> [RECORDED INFORMATION]

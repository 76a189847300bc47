//! The reply to the last message.

ghost use Rattle.std.specs.Prelude.{◌≡◌, true, length, is_some};
ghost use Rattle.hongpilas_c.specs.Calls.{reply_of};
ghost use Rattle.hongpilas_c.specs.Copies.{count_copied, copied};

use crate::copies::copy_from;
use crate::handle::Handle;
use crate::starts::tell_start;

/// Returns the value of the last reply.
#[unsafe(no_mangle)]
pub extern "C" fn hongpilas_value_unchecked(handle: &mut Handle) -> i64
    requires { is_some handle.old.held ≡ true }
    ensures value { result ≡ (reply_of handle.old.held).value }
    ensures same { handle.new.held ≡ handle.old.held }
{
    let held = handle.held();
    held.reply.value()
}

/// Lends the text of the last reply: sets `text` to the address of its first byte, and returns its length in bytes.
#[unsafe(no_mangle)]
pub extern "C" fn hongpilas_text_unchecked(handle: &mut Handle, text: &mut *const u8) -> usize
    requires { is_some handle.old.held ≡ true }
    ensures length { result ≡ length (reply_of handle.old.held).text }
    ensures same { handle.new.held ≡ handle.old.held }
{
    let held = handle.held();
    tell_start(held.reply.text(), text)
}

/// Copies the text of the last reply from `start` on, as many bytes as there are and as fit, and returns how many that
/// is.
#[unsafe(no_mangle)]
pub extern "C" fn hongpilas_copy_text_unchecked(
    handle: &mut Handle,
    start: usize,
    into: &mut [u8],
) -> usize
    requires { is_some handle.old.held ≡ true }
    ensures count { result ≡ count_copied (reply_of handle.old.held).text start into.old }
    ensures copied { into.new ≡ copied (reply_of handle.old.held).text start into.old }
    ensures same { handle.new.held ≡ handle.old.held }
{
    let held = handle.held();
    copy_from(held.reply.text(), start, into)
}

/// Returns how many notes the last reply has.
#[unsafe(no_mangle)]
pub extern "C" fn hongpilas_note_count_unchecked(handle: &mut Handle) -> usize
    requires { is_some handle.old.held ≡ true }
    ensures count { result ≡ length (reply_of handle.old.held).notes }
    ensures same { handle.new.held ≡ handle.old.held }
{
    let held = handle.held();
    held.reply.note_count()
}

> [WHAT THE EXERCISE ASKS]
Copy the lines of the data above exactly as written, beginning with the line containing "the last message." and ending with the line containing "length in bytes.", and leave out all other lines.

> [OUTPUT FOR THIS EXERCISE]
//! The reply to the last message.

ghost use Rattle.std.specs.Prelude.{◌≡◌, true, length, is_some};
ghost use Rattle.hongpilas_c.specs.Calls.{reply_of};
ghost use Rattle.hongpilas_c.specs.Copies.{count_copied, copied};

use crate::copies::copy_from;
use crate::handle::Handle;
use crate::starts::tell_start;

/// Returns the value of the last reply.
#[unsafe(no_mangle)]
pub extern "C" fn hongpilas_value_unchecked(handle: &mut Handle) -> i64
    requires { is_some handle.old.held ≡ true }
    ensures value { result ≡ (reply_of handle.old.held).value }
    ensures same { handle.new.held ≡ handle.old.held }
{
    let held = handle.held();
    held.reply.value()
}

/// Lends the text of the last reply: sets `text` to the address of its first byte, and returns its length in bytes.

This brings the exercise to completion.